Historical context and final observations
History matters. Previous spikes in detention deaths — in the late 2000s and again in 2020 during the pandemic — found the same core failures: late care, weak reviews, and vague corrective plans.
This year’s surge is driven less by disease outbreaks and more by scale and speed: more arrests, longer holds, and crowded dorms. Without relief from intake pressure or a rebalanced approach that moves people with medical needs out of cells, risks will remain.
ICE’s public page on deaths in custody provides official notices and basic case details and can be found at the agency’s website here: ICE – Detainee Deaths. Advocates say the postings should include more medical data and timelines so families and outside doctors can better assess system gaps, but the page remains a starting point for tracking cases and comparing facility names that appear repeatedly.
This year’s outcomes underline a plain equation: more people in tight spaces, fewer clinicians per person, and more time in cells equals higher mortality. The policy choice to hold close to 60,000 people every day was deliberate, backed by new funds and a focus on detention under President Trump. The human toll that followed — at least 21 deaths in one fiscal year — was predictable given the known limits of a largely privatized system still failing basic health and safety checks.
Until the government reduces overcrowding, rebuilds medical capacity, and reins in punitive practices like expanded solitary, the risks to those in immigration detention will stay high.
Key takeaway: rising detention numbers plus understaffed medical care and expanded use of private facilities have contributed to a record number of deaths in ICE custody in 2025, highlighting urgent policy and oversight reforms needed to prevent further loss of life.
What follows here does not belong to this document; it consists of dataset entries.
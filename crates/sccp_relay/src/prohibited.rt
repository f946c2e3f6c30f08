//! The subsystems at other points that are prohibited.

ghost use Rattle.std.specs.Prelude.{◌≡◌, [], ◌∷◌, ◌++◌, ◌<◌, not, filter, length, map, slice_get, IfOk};
ghost use Rattle.sccp_relay.specs.Statuses as rule;
ghost use Rattle.sccp_relay.specs.SubsystemTests.{stays};
ghost use Rattle.sccp_relay.specs.Values.{own_value};

use crate::Translations;
use crate::own::{Own, Ways};
use crate::subsystem::{PROHIBITED_SUBSYSTEMS, ProhibitedSubsystem, Subsystem};
use crate::subsystem_tests::test_selection;
use arrayvec::ArrayVec;
use std::alloc::{AllocError, Global};
use std::marker::Model;

/// At most 256 subsystems that are prohibited, in the order in which that was heard. It has room for all of them.
#[derive(Drop)]
pub(crate) struct Prohibited {
    subsystems: Vec<ProhibitedSubsystem>,
}

impl Model for Prohibited {
    ghost use Rattle.std.specs.Prelude.{List};
    ghost use Rattle.sccp_relay.specs.declared.subsystem.ProhibitedSubsystem.{ProhibitedSubsystem};

    ghost Value = { List ProhibitedSubsystem };

    ghost view = { λ p. p.subsystems.items };

    ghost use Rattle.sccp_relay.specs.ProhibitedRoom.{HasRoom};

    ghost invariant = { HasRoom };
}

impl Prohibited {
    /// None is prohibited. It allocates the room for all.
    pub(crate) fn none(alloc: Global) -> Result<Prohibited, AllocError>
        ensures { IfOk result (λ prohibited. prohibited ≡ []) }
    {
        let subsystems = Vec::with_capacity(alloc, PROHIBITED_SUBSYSTEMS)?;
        Ok(Prohibited { subsystems })
    }

    /// A copy, with room of its own.
    pub(crate) fn copy(&self, alloc: Global) -> Result<Prohibited, AllocError>
        ensures { IfOk result (λ prohibited. prohibited ≡ self.now) }
    {
        let mut copy = Prohibited::none(alloc)?;
        for index in 0..self.subsystems.len() {
            copy.add(self.subsystems[index]);
        }
        Ok(copy)
    }

    /// Whether a subsystem is prohibited, by a walk over all that are.
    pub(crate) fn has(&self, subsystem: &Subsystem) -> bool
        ensures { result ≡ rule.is_prohibited self.now subsystem.now }
    {
        self.subsystems
            .iter()
            .any(|other| subsystem.is(&other.subsystem))
    }

    /// Whether there are as many as there may be.
    pub(crate) fn is_full(&self) -> bool
        ensures { result ≡ rule.is_full self.now }
    {
        self.subsystems.len() >= PROHIBITED_SUBSYSTEMS
    }

    /// One more is prohibited.
    pub(crate) fn add(&mut self, subsystem: ProhibitedSubsystem)
        requires { length self.old < PROHIBITED_SUBSYSTEMS }
        ensures { self.new ≡ self.old ++ subsystem ∷ [] }
    {
        self.subsystems.push_reserved(subsystem);
    }

    /// A subsystem isn't prohibited any more.
    pub(crate) fn remove(&mut self, subsystem: &Subsystem)
        ensures { self.new ≡ filter (λ other. not (rule.is_same subsystem.now other.subsystem)) self.old }
    {
        self.subsystems
            .retain(|other| !subsystem.is(&other.subsystem));
    }

    /// The subsystem of this number, from 0, in the order in which they were heard of. None past the last.
    pub(crate) fn get(&self, index: usize) -> Option<ProhibitedSubsystem>
        ensures { result ≡ slice_get self.now index }
    {
        self.subsystems.get(index).copied()
    }

    /// How many there are.
    pub(crate) fn len(&self) -> usize
        ensures { result ≡ length self.now }
    {
        self.subsystems.len()
    }

    /// The subsystems of which a test is due.
    pub(crate) fn due(&self) -> ArrayVec<Subsystem, PROHIBITED_SUBSYSTEMS>
        ensures { result.items ≡ map (λ prohibited. prohibited.subsystem) (filter rule.is_due self.now) }
    {
        let mut due = ArrayVec::new();
        for index in 0..self.subsystems.len() {
            if self.subsystems[index].is_due() {
                due.push(self.subsystems[index].subsystem);
            }
        }
        due
    }

    /// A tick passes for each of them.
    pub(crate) fn count(&mut self, sst: u16)
        ensures { self.new ≡ map (rule.counted sst) self.old }
    {
        for prohibited in self.subsystems.iter_mut() {
            prohibited.count(sst);
        }
    }

    /// Those that don't stay prohibited are allowed again.
    pub(crate) fn keep<W: Ways>(&mut self, own: &Own<'_, W>, translations: &Translations)
        ensures { self.new ≡ filter (stays (own_value W.leads own.now) translations.now) self.old }
    {
        self.subsystems
            .retain(|prohibited| stays(prohibited, own, translations));
    }
}

/// Whether a subsystem stays prohibited: as long as its point is reached, and, once a test of it is due, if a row still
/// leads to it.
fn stays<W: Ways>(
    prohibited: &ProhibitedSubsystem,
    own: &Own<'_, W>,
    translations: &Translations,
) -> bool
    ensures { result ≡ stays (own_value W.leads own.now) translations.now prohibited.now }
{
    let subsystem = &prohibited.subsystem;
    own.reaches(subsystem.point, test_selection())
        && (!prohibited.is_due() || translations.lead_to(subsystem))
}
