//! The messages of SCCP without a connection.

ghost use Rattle.std.specs.Prelude.{◌≡◌, ◌-◌};
ghost use Rattle.sccp_codec.specs.Values.{parts_value, Gives};
ghost use Rattle.sccp_relay.specs.Sccp as rule;
ghost use Rattle.sccp_relay.specs.Values.{sccp_of};

use sccp_codec::{ExtendedKind, ExtendedUnitdata, Parts, SccpFault, Unitdata};

/// The message type of extended unitdata (Q.713 §2.1).
const XUDT: u8 = 0x11;

/// The message type of extended unitdata service (Q.713 §2.1).
const XUDTS: u8 = 0x12;

/// The highest protocol class without a connection (Q.713 §3.6).
const LAST_CONNECTIONLESS_CLASS: u8 = 1;

/// The message handling that asks for a return on error (Q.713 §3.6).
const RETURN_ON_ERROR: u8 = 8;

/// The most hops that a hop counter says (Q.713 §3.18).
pub(crate) const MAX_HOPS: u8 = 15;

/// A message without a connection.
#[derive(Clone, Copy)]
pub(crate) enum Message<'a> {
    /// A UDT or a UDTS.
    Plain(Unitdata<'a>),
    /// An XUDT or an XUDTS.
    Extended(ExtendedUnitdata<'a>),
}

impl<'a> Message<'a> {
    /// The message that octets are, or their first fault, where extended messages are relayed or not.
    pub(crate) fn read(extended: bool, octets: &'a [u8]) -> Result<Message<'a>, SccpFault>
        ensures { Gives sccp_of result (rule.read_sccp extended octets.now) }
    {
        if extended && is_extended(octets) {
            match ExtendedUnitdata::read(octets) {
                Ok(extended) => Ok(Message::Extended(extended)),
                Err(fault) => Err(fault),
            }
        } else {
            match Unitdata::read(octets) {
                Ok(unitdata) => Ok(Message::Plain(unitdata)),
                Err(fault) => Err(fault),
            }
        }
    }

    /// Its addresses and its data.
    pub(crate) fn parts(&self) -> &Parts<'a>
        ensures { parts_value result.now ≡ rule.sccp_parts (sccp_of self.now) }
    {
        match self {
            Message::Plain(Unitdata::Udt(udt)) => &udt.parts,
            Message::Plain(Unitdata::Udts(udts)) => &udts.parts,
            Message::Extended(extended) => &extended.parts,
        }
    }

    /// Whether it asks for no connection: a UDT or an XUDT of a class above 1 does.
    pub(crate) fn is_connectionless(&self) -> bool
        ensures { result ≡ rule.is_connectionless (sccp_of self.now) }
    {
        match self {
            Message::Plain(Unitdata::Udt(udt)) => is_class_connectionless(udt.class_octet),
            Message::Plain(Unitdata::Udts(_)) => true,
            Message::Extended(extended) => match extended.kind {
                ExtendedKind::Xudt(class_octet) => is_class_connectionless(class_octet),
                ExtendedKind::Xudts(_) => true,
            },
        }
    }

    /// Whether it asks to be returned on error: a UDT or an XUDT may.
    pub(crate) fn asks_for_return(&self) -> bool
        ensures { result ≡ rule.asks_for_return (sccp_of self.now) }
    {
        match self {
            Message::Plain(Unitdata::Udt(udt)) => is_class_returned(udt.class_octet),
            Message::Plain(Unitdata::Udts(_)) => false,
            Message::Extended(extended) => match extended.kind {
                ExtendedKind::Xudt(class_octet) => is_class_returned(class_octet),
                ExtendedKind::Xudts(_) => false,
            },
        }
    }

    /// Whether the hop counter of an extended message is 1 to 15.
    pub(crate) fn has_valid_hops(&self) -> bool
        ensures { result ≡ rule.has_valid_hops (sccp_of self.now) }
    {
        match self {
            Message::Plain(_) => true,
            Message::Extended(extended) => (1..=MAX_HOPS).contains(&extended.hop_counter),
        }
    }

    /// Whether a translation lowers the hop counter of an extended message to 0.
    pub(crate) fn is_at_last_hop(&self) -> bool
        ensures { result ≡ rule.is_spent (rule.lowered (sccp_of self.now)) }
    {
        match self {
            Message::Plain(_) => false,
            Message::Extended(extended) => lowered_hops(extended) == 0,
        }
    }
}

/// The hop counter after a translation: one lower.
pub(crate) fn lowered_hops(extended: &ExtendedUnitdata<'_>) -> u8
    ensures { result ≡ extended.now.hop_counter - 1 }
{
    extended.hop_counter.saturating_sub(1)
}

/// Whether octets begin with the message type of an extended message.
fn is_extended(octets: &[u8]) -> bool
    ensures { result ≡ rule.is_extended octets.now }
{
    let [kind, ..] = *octets else {
        return false;
    };
    kind == XUDT || kind == XUDTS
}

fn is_class_connectionless(class_octet: u8) -> bool
    ensures { result ≡ rule.is_class_connectionless class_octet }
{
    class_octet % 16 <= LAST_CONNECTIONLESS_CLASS
}

fn is_class_returned(class_octet: u8) -> bool
    ensures { result ≡ rule.is_class_returned class_octet }
{
    class_octet / 16 == RETURN_ON_ERROR
}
This Article in a Nutshell
Fiscal year 2025 saw at least 21 deaths in ICE custody, the deadliest year since 2004. A surge in arrests and a nearly 50% increase in detained population to about 60,000 strained facilities already operating near capacity. Overcrowding, staffing shortages, delayed emergency transfers, missed medical checks, and expanded use of solitary confinement contributed to preventable deaths. Roughly 90% of centers are privately operated, and temporary waivers allowed capacity expansions without matching medical staff. Advocates, medical experts, and lawmakers call for independent investigations, nurse-to-detainee ratios, limits on solitary, timely hospital transfers, rapid public reporting after deaths, and expansion of community-based alternatives to reduce harm.